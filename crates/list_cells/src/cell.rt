ghost use Rattle.std.specs.Prelude.{◌≡◌, ◌<ℤ◌, ◌+ℤ◌, pos};
ghost use Rattle.list_cells.specs.Cells.{right_of, below, next_row};

/// A cell, by its column and its row, both counted from 0 (*Inside Macintosh* IV, "The List Manager Package", whose Cell is
/// a Point). Any numbers may be given; no cell has a number below 0.
#[derive(Clone, Copy, Debug, PartialEq, Eq)]
pub struct Cell {
    pub column: i32,
    pub row: i32,
}

/// One more than a number.
fn next(number: i32) -> i32
    requires { number <ℤ pos 4096 }
    ensures { result ≡ number +ℤ pos 1 }
{
    number + 1
}

impl Cell {
    /// The cell to the right.
    pub(crate) fn right(self) -> Cell
        requires { self.column <ℤ pos 4096 }
        ensures { result ≡ right_of self }
    {
        Cell {
            column: next(self.column),
            ..self
        }
    }

    /// The cell below.
    pub(crate) fn below(self) -> Cell
        requires { self.row <ℤ pos 4096 }
        ensures { result ≡ below self }
    {
        Cell {
            row: next(self.row),
            ..self
        }
    }

    /// The first cell of the row below.
    pub(crate) fn next_row(self) -> Cell
        requires { self.row <ℤ pos 4096 }
        ensures { result ≡ next_row self }
    {
        Cell {
            column: 0,
            row: next(self.row),
        }
    }
}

- - - -

- **WHAT NEEDS TO BE DONE**: Each line of the listing is to be printed again, unchanged.

- **ANSWER FOR THE TASK**:
filename crates/list_cells/src/cell.rt
ghost use Rattle.std.specs.Prelude.{◌≡◌, ◌<ℤ◌, ◌+ℤ◌, pos};
ghost use Rattle.list_cells.specs.Cells.{right_of, below, next_row};

/// A cell, by its column and its row, both counted from 0 (*Inside Macintosh* IV, "The List Manager Package", whose Cell is
/// a Point). Any numbers may be given; no cell has a number below 0.
#[derive(Clone, Copy, Debug, PartialEq, Eq)]
pub struct Cell {
    pub column: i32,
    pub row: i32,
}

/// One more than a number.
fn next(number: i32) -> i32
    requires { number <ℤ pos 4096 }
    ensures { result ≡ number +ℤ pos 1 }
{
    number + 1
}

impl Cell {
    /// The cell to the right.
    pub(crate) fn right(self) -> Cell
        requires { self.column <ℤ pos 4096 }
        ensures { result ≡ right_of self }
    {
        Cell {
            column: next(self.column),
            ..self
        }
    }

    /// The cell below.
    pub(crate) fn below(self) -> Cell
        requires { self.row <ℤ pos 4096 }
        ensures { result ≡ below self }
    {
        Cell {
            row: next(self.row),
            ..self
        }
    }

    /// The first cell of the row below.
    pub(crate) fn next_row(self) -> Cell
        requires { self.row <ℤ pos 4096 }
        ensures { result ≡ next_row self }
    {
        Cell {
            column: 0,
            row: next(self.row),
        }
    }
}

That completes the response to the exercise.